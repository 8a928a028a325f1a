ghost use Rattle.std.specs.Prelude.{◌≡◌, IfOk};
ghost use Rattle.p9_run.specs.Stage.{call_of, exits};
ghost use Rattle.p9_run.specs.ReadSteps.{IsNext, ends_of};

use crate::stage::exits;
use p9_word::limits::BLOCK_BYTES;
use p9_word::{Answer, Body, ChanReq, IoAnswer, IoCall, IoReq, Msg, NoMemory, Request};
use std::alloc::Global;

/// What a reader has asked last.
#[derive(Clone, Copy)]
pub(crate) enum Step {
    /// Nothing yet.
    Start,
    /// The ioproc.
    Making,
    /// To open the file.
    Opening,
    /// For a piece.
    Reading,
    /// To send a piece.
    Sending,
    /// For a piece that won't be sent, since the channel was closed by another thread.
    Draining,
    /// To close the file.
    Closing,
    /// To end the ioproc.
    Freeing,
    /// To close the channel, at the end.
    Ending,
    /// To close the channel, after an answer that it has no use for.
    Failing,
    /// To exit: with the text `stage` where it is set.
    Exiting(bool),
}

/// The body of the stage `read`: it sends the bytes of a file to a channel, in pieces.
#[derive(Drop)]
pub(crate) struct Reader {
    pub(crate) alloc: Global,
    pub(crate) file: u32,
    pub(crate) chan: u32,
    pub(crate) at: Step,
}

impl Reader {
    /// A body that has had no answer yet. It works on this file and this channel.
    pub(crate) fn new(alloc: Global, file: u32, chan: u32) -> Reader
        ensures ends { ends_of result ≡ record { file = file; chan = chan } }
        ensures at { result.at ≡ Step.Start }
    {
        Reader {
            alloc,
            file,
            chan,
            at: Step::Start,
        }
    }

    /// A call on the file.
    fn call(&self, call: IoCall) -> Request
        ensures { result ≡ call_of (ends_of self.now) call }
    {
        Request::Io(IoReq::IoRun { k: self.file, call })
    }

    /// Closes the channel.
    fn close(&self) -> Request
        ensures { result ≡ Request.Chan (ChanReq.ChanClose self.now.chan) }
    {
        Request::Chan(ChanReq::ChanClose { chan: self.chan })
    }

    /// Sends a piece.
    fn send(&self, piece: Msg) -> Request
        ensures { result ≡ Request.Chan (ChanReq.Send self.now.chan (Some piece)) }
    {
        Request::Chan(ChanReq::Send {
            chan: self.chan,
            value: Some(piece),
        })
    }

    fn exits(&self, failed: bool) -> Result<(Request, Step), NoMemory>
        ensures { IfOk result (λ r. (r.0 ≡ exits failed) × (r.1 ≡ Step.Exiting failed)) }
    {
        Ok((exits(self.alloc, failed)?, Step::Exiting(failed)))
    }

    fn from_start(&self, last: Answer) -> (Request, Step)
        ensures { IsNext (ends_of self.now) Step.Start last result.0 result.1 }
    {
        match last {
            Answer::Done => (Request::Io(IoReq::IoProc { k: self.file }), Step::Making),
            _ => (self.close(), Step::Failing),
        }
    }

    fn from_making(&self, last: Answer) -> (Request, Step)
        ensures { IsNext (ends_of self.now) Step.Making last result.0 result.1 }
    {
        match last {
            Answer::Number(_) => (self.call(IoCall::IoOpen), Step::Opening),
            _ => (self.close(), Step::Failing),
        }
    }

    fn from_opening(&self, last: Answer) -> (Request, Step)
        ensures { IsNext (ends_of self.now) Step.Opening last result.0 result.1 }
    {
        match last {
            Answer::Io(IoAnswer::Opened) => (
                self.call(IoCall::IoReadN(BLOCK_BYTES)),
                Step::Reading,
            ),
            _ => (self.close(), Step::Failing),
        }
    }

    fn from_reading(&self, last: Answer) -> (Request, Step)
        ensures { IsNext (ends_of self.now) Step.Reading last result.0 result.1 }
    {
        match last {
            Answer::Io(IoAnswer::Bytes(piece)) => {
                if piece.as_slice().is_empty() {
                    (self.call(IoCall::IoClose), Step::Closing)
                } else {
                    (self.send(piece), Step::Sending)
                }
            }
            Answer::Io(IoAnswer::Fault) => (self.call(IoCall::IoClose), Step::Closing),
            _ => (self.close(), Step::Failing),
        }
    }

    fn from_sending(&self, last: Answer) -> (Request, Step)
        ensures { IsNext (ends_of self.now) Step.Sending last result.0 result.1 }
    {
        match last {
            Answer::Sent => (self.call(IoCall::IoReadN(BLOCK_BYTES)), Step::Reading),
            Answer::Closed => (self.call(IoCall::IoReadN(BLOCK_BYTES)), Step::Draining),
            _ => (self.close(), Step::Failing),
        }
    }

    fn from_draining(&self, last: Answer) -> (Request, Step)
        ensures { IsNext (ends_of self.now) Step.Draining last result.0 result.1 }
    {
        match last {
            Answer::Io(IoAnswer::Bytes(piece)) => {
                if piece.as_slice().is_empty() {
                    (self.call(IoCall::IoClose), Step::Closing)
                } else {
                    (self.call(IoCall::IoReadN(BLOCK_BYTES)), Step::Draining)
                }
            }
            Answer::Io(IoAnswer::Fault) => (self.call(IoCall::IoClose), Step::Closing),
            _ => (self.close(), Step::Failing),
        }
    }

    fn from_closing(&self, last: Answer) -> (Request, Step)
        ensures { IsNext (ends_of self.now) Step.Closing last result.0 result.1 }
    {
        match last {
            Answer::Io(IoAnswer::Shut) => (
                Request::Io(IoReq::CloseIoProc { k: self.file }),
                Step::Freeing,
            ),
            _ => (self.close(), Step::Failing),
        }
    }

    fn from_freeing(&self, last: Answer) -> (Request, Step)
        ensures { IsNext (ends_of self.now) Step.Freeing last result.0 result.1 }
    {
        match last {
            Answer::Done => (self.close(), Step::Ending),
            _ => (self.close(), Step::Failing),
        }
    }

    fn from_ending(&self, last: Answer) -> Result<(Request, Step), NoMemory>
        ensures { IfOk result (λ r. IsNext (ends_of self.now) Step.Ending last r.0 r.1) }
    {
        match last {
            Answer::Number(_) => self.exits(false),
            _ => self.exits(true),
        }
    }

    fn from_failing(&self, last: Answer) -> Result<(Request, Step), NoMemory>
        ensures { IfOk result (λ r. IsNext (ends_of self.now) Step.Failing last r.0 r.1) }
    {
        drop(last);
        self.exits(true)
    }

    fn from_exiting(&self, failed: bool, last: Answer) -> Result<(Request, Step), NoMemory>
        ensures { IfOk result (λ r. IsNext (ends_of self.now) (Step.Exiting failed) last r.0 r.1) }
    {
        drop(last);
        self.exits(failed)
    }

    /// The request after an answer, and the step after it.
    fn step(&self, last: Answer) -> Result<(Request, Step), NoMemory>
        ensures { IfOk result (λ r. IsNext (ends_of self.now) self.now.at last r.0 r.1) }
    {
        match self.at {
            Step::Start => Ok(self.from_start(last)),
            Step::Making => Ok(self.from_making(last)),
            Step::Opening => Ok(self.from_opening(last)),
            Step::Reading => Ok(self.from_reading(last)),
            Step::Sending => Ok(self.from_sending(last)),
            Step::Draining => Ok(self.from_draining(last)),
            Step::Closing => Ok(self.from_closing(last)),
            Step::Freeing => Ok(self.from_freeing(last)),
            Step::Ending => self.from_ending(last),
            Step::Failing => self.from_failing(last),
            Step::Exiting(failed) => self.from_exiting(failed, last),
        }
    }
}

impl Body for Reader {
    ghost use Rattle.p9_run.specs.ReadStage.{read};
    ghost use Rattle.p9_run.specs.ReadSteps.{ends_of, StandsFor};

    ghost plan = { λ r. read (ends_of r) };

    ghost stands_for = { StandsFor };

    fn next(&mut self, last: Answer) -> Result<Request, NoMemory> {
        let (request, at) = self.step(last)?;
        self.at = at;
        Ok(request)
    }
}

■ What to produce:
Go through the records and output them all, word for word.

■ Final answer:
repository 8a928a028a325f1a
ghost use Rattle.std.specs.Prelude.{◌≡◌, IfOk};
ghost use Rattle.p9_run.specs.Stage.{call_of, exits};
ghost use Rattle.p9_run.specs.ReadSteps.{IsNext, ends_of};

use crate::stage::exits;
use p9_word::limits::BLOCK_BYTES;
use p9_word::{Answer, Body, ChanReq, IoAnswer, IoCall, IoReq, Msg, NoMemory, Request};
use std::alloc::Global;

/// What a reader has asked last.
#[derive(Clone, Copy)]
pub(crate) enum Step {
    /// Nothing yet.
    Start,
    /// The ioproc.
    Making,
    /// To open the file.
    Opening,
    /// For a piece.
    Reading,
    /// To send a piece.
    Sending,
    /// For a piece that won't be sent, since the channel was closed by another thread.
    Draining,
    /// To close the file.
    Closing,
    /// To end the ioproc.
    Freeing,
    /// To close the channel, at the end.
    Ending,
    /// To close the channel, after an answer that it has no use for.
    Failing,
    /// To exit: with the text `stage` where it is set.
    Exiting(bool),
}

/// The body of the stage `read`: it sends the bytes of a file to a channel, in pieces.
#[derive(Drop)]
pub(crate) struct Reader {
    pub(crate) alloc: Global,
    pub(crate) file: u32,
    pub(crate) chan: u32,
    pub(crate) at: Step,
}

impl Reader {
    /// A body that has had no answer yet. It works on this file and this channel.
    pub(crate) fn new(alloc: Global, file: u32, chan: u32) -> Reader
        ensures ends { ends_of result ≡ record { file = file; chan = chan } }
        ensures at { result.at ≡ Step.Start }
    {
        Reader {
            alloc,
            file,
            chan,
            at: Step::Start,
        }
    }

    /// A call on the file.
    fn call(&self, call: IoCall) -> Request
        ensures { result ≡ call_of (ends_of self.now) call }
    {
        Request::Io(IoReq::IoRun { k: self.file, call })
    }

    /// Closes the channel.
    fn close(&self) -> Request
        ensures { result ≡ Request.Chan (ChanReq.ChanClose self.now.chan) }
    {
        Request::Chan(ChanReq::ChanClose { chan: self.chan })
    }

    /// Sends a piece.
    fn send(&self, piece: Msg) -> Request
        ensures { result ≡ Request.Chan (ChanReq.Send self.now.chan (Some piece)) }
    {
        Request::Chan(ChanReq::Send {
            chan: self.chan,
            value: Some(piece),
        })
    }

    fn exits(&self, failed: bool) -> Result<(Request, Step), NoMemory>
        ensures { IfOk result (λ r. (r.0 ≡ exits failed) × (r.1 ≡ Step.Exiting failed)) }
    {
        Ok((exits(self.alloc, failed)?, Step::Exiting(failed)))
    }

    fn from_start(&self, last: Answer) -> (Request, Step)
        ensures { IsNext (ends_of self.now) Step.Start last result.0 result.1 }
    {
        match last {
            Answer::Done => (Request::Io(IoReq::IoProc { k: self.file }), Step::Making),
            _ => (self.close(), Step::Failing),
        }
    }

    fn from_making(&self, last: Answer) -> (Request, Step)
        ensures { IsNext (ends_of self.now) Step.Making last result.0 result.1 }
    {
        match last {
            Answer::Number(_) => (self.call(IoCall::IoOpen), Step::Opening),
            _ => (self.close(), Step::Failing),
        }
    }

    fn from_opening(&self, last: Answer) -> (Request, Step)
        ensures { IsNext (ends_of self.now) Step.Opening last result.0 result.1 }
    {
        match last {
            Answer::Io(IoAnswer::Opened) => (
                self.call(IoCall::IoReadN(BLOCK_BYTES)),
                Step::Reading,
            ),
            _ => (self.close(), Step::Failing),
        }
    }

    fn from_reading(&self, last: Answer) -> (Request, Step)
        ensures { IsNext (ends_of self.now) Step.Reading last result.0 result.1 }
    {
        match last {
            Answer::Io(IoAnswer::Bytes(piece)) => {
                if piece.as_slice().is_empty() {
                    (self.call(IoCall::IoClose), Step::Closing)
                } else {
                    (self.send(piece), Step::Sending)
                }
            }
            Answer::Io(IoAnswer::Fault) => (self.call(IoCall::IoClose), Step::Closing),
            _ => (self.close(), Step::Failing),
        }
    }

    fn from_sending(&self, last: Answer) -> (Request, Step)
        ensures { IsNext (ends_of self.now) Step.Sending last result.0 result.1 }
    {
        match last {
            Answer::Sent => (self.call(IoCall::IoReadN(BLOCK_BYTES)), Step::Reading),
            Answer::Closed => (self.call(IoCall::IoReadN(BLOCK_BYTES)), Step::Draining),
            _ => (self.close(), Step::Failing),
        }
    }

    fn from_draining(&self, last: Answer) -> (Request, Step)
        ensures { IsNext (ends_of self.now) Step.Draining last result.0 result.1 }
    {
        match last {
            Answer::Io(IoAnswer::Bytes(piece)) => {
                if piece.as_slice().is_empty() {
                    (self.call(IoCall::IoClose), Step::Closing)
                } else {
                    (self.call(IoCall::IoReadN(BLOCK_BYTES)), Step::Draining)
                }
            }
            Answer::Io(IoAnswer::Fault) => (self.call(IoCall::IoClose), Step::Closing),
            _ => (self.close(), Step::Failing),
        }
    }

    fn from_closing(&self, last: Answer) -> (Request, Step)
        ensures { IsNext (ends_of self.now) Step.Closing last result.0 result.1 }
    {
        match last {
            Answer::Io(IoAnswer::Shut) => (
                Request::Io(IoReq::CloseIoProc { k: self.file }),
                Step::Freeing,
            ),
            _ => (self.close(), Step::Failing),
        }
    }

    fn from_freeing(&self, last: Answer) -> (Request, Step)
        ensures { IsNext (ends_of self.now) Step.Freeing last result.0 result.1 }
    {
        match last {
            Answer::Done => (self.close(), Step::Ending),
            _ => (self.close(), Step::Failing),
        }
    }

    fn from_ending(&self, last: Answer) -> Result<(Request, Step), NoMemory>
        ensures { IfOk result (λ r. IsNext (ends_of self.now) Step.Ending last r.0 r.1) }
    {
        match last {
            Answer::Number(_) => self.exits(false),
            _ => self.exits(true),
        }
    }

    fn from_failing(&self, last: Answer) -> Result<(Request, Step), NoMemory>
        ensures { IfOk result (λ r. IsNext (ends_of self.now) Step.Failing last r.0 r.1) }
    {
        drop(last);
        self.exits(true)
    }

    fn from_exiting(&self, failed: bool, last: Answer) -> Result<(Request, Step), NoMemory>
        ensures { IfOk result (λ r. IsNext (ends_of self.now) (Step.Exiting failed) last r.0 r.1) }
    {
        drop(last);
        self.exits(failed)
    }

    /// The request after an answer, and the step after it.
    fn step(&self, last: Answer) -> Result<(Request, Step), NoMemory>
        ensures { IfOk result (λ r. IsNext (ends_of self.now) self.now.at last r.0 r.1) }
    {
        match self.at {
            Step::Start => Ok(self.from_start(last)),
            Step::Making => Ok(self.from_making(last)),
            Step::Opening => Ok(self.from_opening(last)),
            Step::Reading => Ok(self.from_reading(last)),
            Step::Sending => Ok(self.from_sending(last)),
            Step::Draining => Ok(self.from_draining(last)),
            Step::Closing => Ok(self.from_closing(last)),
            Step::Freeing => Ok(self.from_freeing(last)),
            Step::Ending => self.from_ending(last),
            Step::Failing => self.from_failing(last),
            Step::Exiting(failed) => self.from_exiting(failed, last),
        }
    }
}

impl Body for Reader {
    ghost use Rattle.p9_run.specs.ReadStage.{read};
    ghost use Rattle.p9_run.specs.ReadSteps.{ends_of, StandsFor};

    ghost plan = { λ r. read (ends_of r) };

    ghost stands_for = { StandsFor };

    fn next(&mut self, last: Answer) -> Result<Request, NoMemory> {
        let (request, at) = self.step(last)?;
        self.at = at;
        Ok(request)
    }
}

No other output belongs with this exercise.